Thereafter, plaintiff filed a second amended complaint, alleging claims under 42 U.S.C. § 1983 against El Dorado County and against the City of South Lake Tahoe, South Lake Tahoe Police Officer Andrew Eissinger, and South Lake Tahoe Police Officer Charles Duke (collectively, "the City defendants"). Second Am. Compl. ("SAC"), Dckt. No. 38. Plaintiff alleges that on March 18, 2010, he was bitten by a dog belonging to James Handley, and when he informed Mr. Handley of the bite, Mr. Handley "took his dog by leash and fled." Id. at 3. Plaintiff contends that because he feared that if he did not obtain the dog's vaccination information he would "need to undergo preventative rabies treatment," he "used his bicycle and pushed Mr. Handley off of his skateboard" to stop Mr. Handley from leaving. Id. at 5. Officers Eissinger and Duke arrested plaintiff after arriving at the scene and interviewing witnesses. Id. at 5-6.

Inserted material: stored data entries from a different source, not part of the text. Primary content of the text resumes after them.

//! Whether a pattern matches the empty text.
ghost use Rattle.std.specs.Prelude.{[], ◌↔◌, IsTrue};
ghost use Rattle.lalrpop_hir.specs.Parts.{trees};
ghost use Rattle.lalrpop_hir.specs.Language.{Matches, MatchInTurn, SomeMatches};

use lalrpop_hir::{Hir, HirKind};

/// Whether the tree matches the empty text. A tree that requires something of a position matches no word by itself, not even the
/// empty one.
///
/// It goes by the shape of the tree alone, and needs no memory and no automaton. It stops as soon as the answer is settled, and
/// looks at no part twice.
///
/// ```
/// use lalrpop_lexer::lexer::re::{Hir, Repetition};
/// use lalrpop_verdicts::matches_empty;
///
/// // The tree of `a*`.
/// let part = Box::new(alloc, Hir::literal(alloc, "a")?)?;
/// let is_empty = matches_empty(&Hir::repetition(Repetition::new(0, None, true, part))); // true
/// ```
#[cycle(matches_empty)]
pub fn matches_empty(tree: &Hir) -> bool
    ensures empty { IsTrue result ↔ Matches tree.now [] }
{
    match tree.kind() {
        HirKind::Empty => true,
        HirKind::Literal(literal) => literal.as_str().is_empty(),
        HirKind::Class(_) | HirKind::Look(_) => false,
        HirKind::Repetition(repetition) => repetition.min() == 0 || matches_empty(repetition.sub()),
        HirKind::Capture(capture) => matches_empty(capture.sub()),
        HirKind::Concat(parts) => all_match_empty(parts),
        HirKind::Alternation(parts) => some_match_empty(parts),
    }
}

// Whether each of the trees matches the empty text.
#[cycle(matches_empty)]
fn all_match_empty(parts: &[Hir]) -> bool
    ensures { IsTrue result ↔ MatchInTurn (trees parts.now) [] }
{
    for part in parts {
        if !matches_empty(part) {
            return false;
        }
    }
    true
}

// Whether any of the trees matches the empty text.
#[cycle(matches_empty)]
fn some_match_empty(parts: &[Hir]) -> bool
    ensures { IsTrue result ↔ SomeMatches (trees parts.now) [] }
{
    for part in parts {
        if matches_empty(part) {
            return true;
        }
    }
    false
}
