//! What an automaton answers.
ghost use Rattle.std.specs.Prelude.{◌≡◌, slice_get};
ghost use Rattle.lalrpop_verdicts.specs.Answers.{accepted_at, accepted_by};

use lalrpop_dfa::{Dfa, DfaStateIndex, Kind, NfaIndex};

/// The pattern that a state of this kind accepts, if it accepts one.
pub(crate) fn accepted_by(kind: &Kind) -> Option<NfaIndex>
    ensures accepted { result ≡ accepted_by kind.now }
{
    match kind {
        Kind::Accepts(index) => Some(*index),
        Kind::Reject | Kind::Neither => None,
    }
}

/// The pattern that the state accepts, if there is such a state and it accepts one.
pub(crate) fn accepted(dfa: &Dfa, state: DfaStateIndex) -> Option<NfaIndex>
    ensures accepted { result ≡ accepted_at (slice_get dfa.now state) }
{
    accepted_by(dfa.states().get(state.index())?.kind())
}
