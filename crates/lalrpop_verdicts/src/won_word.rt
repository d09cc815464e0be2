//! A word, and the pattern that wins it.
use lalrpop_hir::NfaIndex;
use std::marker::Model;

/// A pattern that wins a word of another one, and the word.
///
/// ```
/// use lalrpop_verdicts::Verdict;
///
/// if let Verdict::Shadowed(winners) = &verdict {
///     for winner in winners {
///         let pattern = winner.by.index();
///         let length = winner.word.len();
///     }
/// }
/// ```
#[derive(Debug, Drop)]
pub struct WonWord {
    /// The pattern that wins.
    pub by: NfaIndex,
    /// The shortest, then least, such word, by the code values of its characters.
    pub word: Vec<u32>,
}

impl Model for WonWord {
    ghost use Rattle.lalrpop_verdicts.specs.WonWord.{WonWord};

    ghost Value = { WonWord };

    ghost view = { λ w. record { by = w.by; word = w.word.items } };
}
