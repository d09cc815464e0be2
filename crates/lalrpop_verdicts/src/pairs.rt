//! The pairs of states that the texts lead to in two automata, by breadth first search.
ghost use Rattle.std.specs.Prelude.{◌≡◌, ℕ, ◌<◌, ◌≤◌, ◌+◌, List, [], Some, length, slice_get, IfOk, IfSome, IfNone, OnOk, MatchOption, not, true};
ghost use Rattle.lalrpop_dfa.specs.Dfa.{Row, edge_target, AreAscendingTests};
ghost use Rattle.lalrpop_dfa.specs.Stored.{EndBefore};
ghost use Rattle.lalrpop_verdicts.specs.Internal.Pairs.{ArePairs, ends_at, is_character, number_of, AreEdges, AreMet, IsAdded, IsLastCharacter, IsNextCharacter, IsTaken, IsTurn};

use lalrpop_dfa::{Dfa, DfaStateIndex, Kind, START};
use lalrpop_hir::Test;
use std::alloc::{AllocError, Global};
use std::collections::HashSet;

/// Which pairs of states a walk goes on from.
#[derive(Clone, Copy, Debug, Drop)]
pub(crate) enum Follow {
    /// From each.
    All,
    /// From those whose left state doesn't reject; the others are left out.
    LeftAlive,
}

impl Follow {
    // Whether a walk goes on from this state of the left automaton.
    #[inline(always)]
    fn goes_on(self, left: &Dfa, state: DfaStateIndex) -> bool
        requires { state < length left.now }
        ensures { result ≡ not (ends_at self left.now state) }
    {
        match self {
            Follow::All => true,
            Follow::LeftAlive => match left.state(state).kind() {
                Kind::Reject => false,
                Kind::Accepts(_) | Kind::Neither => true,
            },
        }
    }
}

/// A pair of states, and how a walk came to it first.
#[derive(Clone, Copy, Debug, Drop)]
pub(crate) struct Pair {
    pub(crate) left: DfaStateIndex,
    pub(crate) right: DfaStateIndex,
    /// The number of the pair before; `None` where the walk began.
    pub(crate) from: Option<usize>,
    /// The character that led on from there.
    pub(crate) value: u32,
}

/// Values that follow one another and lead to one state: the state, and the last of them.
#[derive(Clone, Copy, Drop)]
struct Stretch {
    target: DfaStateIndex,
    last: u32,
}

// The values from this one on that lead to one state. The place moves on to the first edge that doesn't end before the value.
#[inline(always)]
fn stretch_at(
    edges: &[(Test, DfaStateIndex)],
    other: DfaStateIndex,
    place: &mut usize,
    value: u32,
) -> Stretch
    requires ascending { AreAscendingTests edges.now }
    requires passed { EndBefore edges.now place.old value }
    ensures leads { (c : ℕ) → value ≤ c → c ≤ result.last
        → edge_target edges.now other c ≡ result.target }
    ensures some { value ≤ result.last }
    ensures passed { EndBefore edges.now place.new value }
{
    while *place < edges.len() && edges[*place].0.end() < value {
        *place += 1;
    }
    match edges.get(*place) {
        Some((test, target)) if test.start() <= value => Stretch {
            target: *target,
            last: test.end(),
        },
        Some((test, _)) => Stretch {
            target: other,
            last: test.start() - 1,
        },
        None => Stretch {
            target: other,
            last: u32::MAX,
        },
    }
}

/// The edges of a state: its test edges, which ascend, and where all other values lead.
#[derive(Clone, Copy, Drop)]
struct Edges<'given> {
    state: DfaStateIndex,
    tests: &'given [(Test, DfaStateIndex)],
    other: DfaStateIndex,
}

// The edges of the state. They are looked for once, and not for each value.
fn edges_of(dfa: &Dfa, state: DfaStateIndex) -> Edges<'_>
    requires { state < length dfa.now }
    ensures state { result.state ≡ state }
    ensures edges { AreEdges dfa.now state result.tests.now result.other }
{
    Edges {
        state,
        tests: dfa.test_edges(state),
        other: dfa.state(state).other_edge(),
    }
}

/// How many test edges of either state of a turn have been passed. Values are taken in ascending order, so none is looked for.
#[derive(Drop)]
struct Passed {
    left: usize,
    right: usize,
}

// The next character beyond the value.
#[inline(always)]
fn next_character(value: u32) -> Option<u32>
    ensures { MatchOption result (IsLastCharacter value) (IsNextCharacter value) }
{
    match value {
        0..0xD7FF | 0xE000..0x10_FFFF => Some(value + 1),
        0xD7FF..0xE000 => Some(0xE000),
        _ => None,
    }
}

/// The pairs of a walk so far, in the order in which they were met.
#[derive(Drop)]
struct Met {
    pairs: Vec<Pair>,
    // The states of the pairs.
    states: HashSet<(usize, usize)>,
    // Those that were looked for last: most stretches lead to the pair that the one before led to.
    latest: Option<(usize, usize)>,
}

impl Met {
    // No pairs, and room for as many.
    fn with_capacity(alloc: Global, count: usize) -> Result<Met, AllocError>
        ensures pairs { IfOk result (λ met. met.pairs.items ≡ []) }
        ensures known { IfOk result (λ met. AreMet met.states.keys met.latest met.pairs.items) }
    {
        Ok(Met {
            pairs: Vec::with_capacity(alloc, count)?,
            states: HashSet::new(alloc),
            latest: None,
        })
    }

    // Adds a pair whose states weren't looked for last, unless one with its states has been met.
    #[inline(never)]
    fn add_other(&mut self, pair: Pair) -> Result<(), AllocError>
        requires known { AreMet self.old.states.keys self.old.latest self.old.pairs.items }
        ensures known { OnOk result (
            AreMet self.new.states.keys self.new.latest self.new.pairs.items) }
        ensures added { OnOk result (IsAdded self.old.pairs.items pair self.new.pairs.items) }
    {
        let left = pair.left.index();
        let right = pair.right.index();
        self.latest = Some((left, right));
        if self.states.insert((left, right))? {
            self.pairs.push(pair)?;
        }
        Ok(())
    }

    // Adds a pair, unless one with its states has been met. Most often its states were looked for last: this path is kept short.
    #[inline(always)]
    fn add(&mut self, pair: Pair) -> Result<(), AllocError>
        requires known { AreMet self.old.states.keys self.old.latest self.old.pairs.items }
        ensures known { OnOk result (
            AreMet self.new.states.keys self.new.latest self.new.pairs.items) }
        ensures added { OnOk result (IsAdded self.old.pairs.items pair self.new.pairs.items) }
    {
        let left = pair.left.index();
        let right = pair.right.index();
        if let Some(latest) = self.latest
            && latest.0 == left
            && latest.1 == right
        {
            return Ok(());
        }
        self.add_other(pair)
    }
}

/// The states of a pair from which a walk goes on, and the pair's number; `None` where the walk begins.
#[derive(Drop)]
struct Turn<'given> {
    from: Option<usize>,
    left: Edges<'given>,
    right: Edges<'given>,
}

/// A walk over the pairs of two automata.
#[derive(Clone, Copy, Drop)]
struct Walk<'given> {
    left: &'given Dfa,
    right: &'given Dfa,
    follow: Follow,
}

impl<'given> Walk<'given> {
    // Takes the values from this character on that lead from the turn's states to one pair, which is added unless it has been
    // met, and returns the next character beyond them. If the walk ends at the left state, no right one is looked for.
    #[inline(always)]
    fn take(
        self,
        met: &mut Met,
        turn: &Turn<'_>,
        passed: &mut Passed,
        value: u32,
    ) -> Result<Option<u32>, AllocError>
        requires left_edges { AreEdges self.left.now
            turn.now.left.state turn.now.left.tests.now turn.now.left.other }
        requires right_edges { AreEdges self.right.now
            turn.now.right.state turn.now.right.tests.now turn.now.right.other }
        requires known { AreMet met.old.states.keys met.old.latest met.old.pairs.items }
        requires character { is_character value ≡ true }
        requires left_passed { EndBefore turn.now.left.tests.now passed.old.left value }
        requires right_passed { EndBefore turn.now.right.tests.now passed.old.right value }
        requires turn { IsTurn self.follow self.left.now self.right.now met.old.pairs.items
            (number_of turn.now.from) turn.now.left.state turn.now.right.state value }
        ensures known { OnOk result (
            AreMet met.new.states.keys met.new.latest met.new.pairs.items) }
        ensures left_passed { IfOk result (λ next. IfSome next (λ n.
            EndBefore turn.now.left.tests.now passed.new.left n)) }
        ensures right_passed { IfOk result (λ next. IfSome next (λ n.
            EndBefore turn.now.right.tests.now passed.new.right n)) }
        ensures next { IfOk result (λ next.
            IfSome next (λ n. (value < n) × (is_character n ≡ true))) }
        ensures turn { IfOk result (λ next.
            IfSome next (IsTurn self.entry.follow self.entry.left.now self.entry.right.now
            met.new.pairs.items (number_of turn.now.from)
            turn.now.left.state turn.now.right.state)) }
        ensures done { IfOk result (λ next.
            IfNone next (IsTaken self.entry.follow self.entry.left.now self.entry.right.now
            met.new.pairs.items (number_of turn.now.from + 1) 0)) }
    {
        let left = stretch_at(turn.left.tests, turn.left.other, &mut passed.left, value);
        if !self.follow.goes_on(self.left, left.target) {
            return Ok(next_character(left.last));
        }
        let right = stretch_at(turn.right.tests, turn.right.other, &mut passed.right, value);
        met.add(Pair {
            left: left.target,
            right: right.target,
            from: turn.from,
            value,
        })?;
        Ok(next_character(left.last.min(right.last)))
    }

    // Adds the pairs that one character leads to from these states, at which the pair with the number `from` is.
    fn expand(
        self,
        met: &mut Met,
        from: Option<usize>,
        left: DfaStateIndex,
        right: DfaStateIndex,
    ) -> Result<(), AllocError>
        requires left_within { left < length self.left.now }
        requires right_within { right < length self.right.now }
        requires known { AreMet met.old.states.keys met.old.latest met.old.pairs.items }
        requires turn { IsTurn self.follow self.left.now self.right.now met.old.pairs.items
            (number_of from) left right 0 }
        ensures known { OnOk result (
            AreMet met.new.states.keys met.new.latest met.new.pairs.items) }
        ensures taken { OnOk result (
            IsTaken self.entry.follow self.entry.left.now self.entry.right.now
            met.new.pairs.items (number_of from + 1) 0) }
    {
        let turn = Turn {
            from,
            left: edges_of(self.left, left),
            right: edges_of(self.right, right),
        };
        let mut passed = Passed { left: 0, right: 0 };
        let mut value = 0;
        while let Some(next) = self.take(met, &turn, &mut passed, value)? {
            value = next;
        }
        Ok(())
    }
}

/// The pairs of states that nonempty pieces of text lead to, in the order of their least words.
///
/// It takes one step for each pair and each stretch of characters that lead alike from both its states. If the walk ends at the
/// left state, the edges of the right one don't count. So a keyword's automaton takes few steps beside a large one.
///
/// # Errors
///
/// `AllocError` if a request for memory was refused.
pub(crate) fn pairs(
    alloc: Global,
    left: &Dfa,
    right: &Dfa,
    follow: Follow,
) -> Result<Vec<Pair>, AllocError>
    ensures pairs { IfOk result (λ found. ArePairs follow left.now right.now found.items) }
{
    let walk = Walk {
        left,
        right,
        follow,
    };
    // A first guess: where the walk goes on from all pairs, each state that it reaches is in one of them.
    let least = left.states().len().min(right.states().len());
    let mut met = Met::with_capacity(alloc, least)?;
    walk.expand(&mut met, None, START, START)?;
    let mut number = 0;
    while number < met.pairs.len() {
        let pair = met.pairs[number];
        walk.expand(&mut met, Some(number), pair.left, pair.right)?;
        number += 1;
    }
    let Met { pairs, .. } = met;
    Ok(pairs)
}

/// The least word that leads to the pair with this number, by the code values of its characters.
///
/// # Errors
///
/// `AllocError` if a request for memory was refused.
pub(crate) fn word_to(alloc: Global, pairs: &[Pair], number: usize) -> Result<Vec<u32>, AllocError>
    requires pairs { (follow : Follow) × (l : List Row) × (r : List Row)
        × ArePairs follow l r pairs.now }
    requires within { number < length pairs.now }
    ensures word { IfOk result (λ word.
        (follow : Follow) (l r : List Row) (h : ArePairs follow l r pairs.now)
        → slice_get h.words number ≡ Some word.items) }
{
    let mut values = Vec::new(alloc);
    let mut place = Some(number);
    while let Some(number) = place {
        let pair = pairs[number];
        values.push(pair.value)?;
        place = pair.from;
    }
    values.reverse();
    Ok(values)
}
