//! How many states the smallest automaton has, without its rows.
ghost use Rattle.std.specs.Prelude.{◌≡◌, ℕ, length, IfOk, OnOk};
ghost use Rattle.std.specs.List.{Contains};
ghost use Rattle.lalrpop_dfa.specs.Dfa.{IsWellFormed};
ghost use Rattle.lalrpop_verdicts.specs.Smallest.{IsLeastCount};
ghost use Rattle.lalrpop_verdicts.specs.Internal.Classes.{AreAlikeClasses, AreWithin};
ghost use Rattle.lalrpop_verdicts.specs.Internal.ClassRows.{AreMet, AreNumbered, IsMetClass};
ghost use Rattle.lalrpop_verdicts.specs.Internal.StateWalks.{AreAllLeads, AreAllMet};

use crate::classes::{classes_by, lead_table};
use crate::smallest::Met;
use lalrpop_dfa::{Dfa, DfaStateIndex, START};
use std::alloc::{AllocError, Global};

/// How many states the smallest automaton has that answers each word alike: as many as the result of `minimized` has.
///
/// No row is written, which is much of what `minimized` does where states have many edges.
///
/// Cost: rounds that split the states into classes, at most one for each state, and then one walk over where one state of each
/// class leads.
///
/// # Errors
///
/// `AllocError` if a request for memory was refused.
///
/// ```
/// // After `a` and after `b` a digit is awaited: one state does for both.
/// let regexs = vec![in alloc; parse_regex(alloc, "a[0-9]|b[0-9]")?]?;
/// let dfa = build_dfa(alloc, &regexs, &[Precedence(0)])?;
/// let is_smallest = least_state_count(alloc, &dfa)? == dfa.states().len(); // false
/// ```
pub fn least_state_count(alloc: Global, dfa: &Dfa) -> Result<usize, AllocError>
    ensures least { IfOk result (IsLeastCount dfa.now) }
{
    let table = lead_table(alloc, dfa)?;
    let classes = classes_by(alloc, dfa, &table)?;
    let states = met_states(alloc, dfa, &table, classes)?;
    Ok(states.len())
}

// One state of each class that some word leads into.
fn met_states(
    alloc: Global,
    dfa: &Dfa,
    table: &[Vec<usize>],
    classes: Vec<usize>,
) -> Result<Vec<DfaStateIndex>, AllocError>
    requires leads { AreAllLeads dfa.now table.now }
    requires well_formed { IsWellFormed dfa.now }
    requires classes { AreAlikeClasses dfa.now classes.items }
    ensures met { IfOk result (λ states. AreAllMet dfa.now classes.items states.items) }
{
    let mut met = Met::new(alloc, classes, dfa.states().len())?;
    met.number(START)?;
    let mut place = 0;
    while place < met.states.len() {
        let state = met.states[place];
        number_all(&table[state.index()], &mut met)?;
        place += 1;
    }
    let Met { states, .. } = met;
    Ok(states)
}

// Numbers the classes of these states.
fn number_all(states: &[usize], met: &mut Met) -> Result<(), AllocError>
    requires within { AreWithin states.now (length met.old.classes.items) }
    requires numbered { AreNumbered met.old.classes.items met.old.numbers.items
        met.old.states.items }
    ensures classes { OnOk result (met.new.classes.items ≡ met.old.classes.items) }
    ensures numbered { OnOk result (AreNumbered met.new.classes.items met.new.numbers.items
        met.new.states.items) }
    ensures met { OnOk result (AreMet (Contains states.now)
        met.old.states.items met.new.states.items) }
    ensures all { OnOk result ((q : ℕ) → Contains states.now q
        → IsMetClass met.new.classes.items met.new.states.items q) }
{
    for state in states {
        met.number(DfaStateIndex::new(*state))?;
    }
    Ok(())
}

Plaintiff's second amended complaint alleges that "[t]he case originated from a false arrest after a minor dog bite incident" and resulted in "excessive bail" and a violation of "plaintiff's 5th and 14th amendment right[s] to due process." Id. at 1. More specifically, plaintiff alleges that Officers Eissinger and Duke "agreed to frame the plaintiff and perpetrated a false arrest." Id. Plaintiff claims that Officer Eissinger violated his right to due process by bringing "his false statements to the court [violating] plaintiff's 8th amendment right . . . and caused excessive bail." Id. at 2. Specifically, plaintiff contends Officer Eissinger "falsely omitted the flight of the dog owner" even though he "understood [plaintiff] had not committed robbery [but] simply lied saying 'Suspect later carried the skateboard away.'" Id. at 7. Plaintiff alleges that defendant City of South Lake Tahoe is "responsible for training and supervising its police officers," "does not discipline police officers whom demonstrate misconduct," and have a "policy of arresting innocent men and bringing false charges against them." Id. at 11-12. Furthermore, plaintiff claims that the City of South Lake Tahoe "hires a majority of its police officers from the State of Nevada" and these officers "hold no personal interest in maintaining the rights of the citizens of South Lake Tahoe California." Id. at 10. Plaintiff continues that because of the out of state hiring, "police officers are indifferent towards the rights of men whom live in South Lake Tahoe[, and] act without conducting a proper investigation [and] without considering that the women are lying." Id. at 10, 11. Plaintiff attempts to prove this indifference by describing three incidents where "women lie, and then their lies are used [by police] to frame [plaintiff]." Id. at 2.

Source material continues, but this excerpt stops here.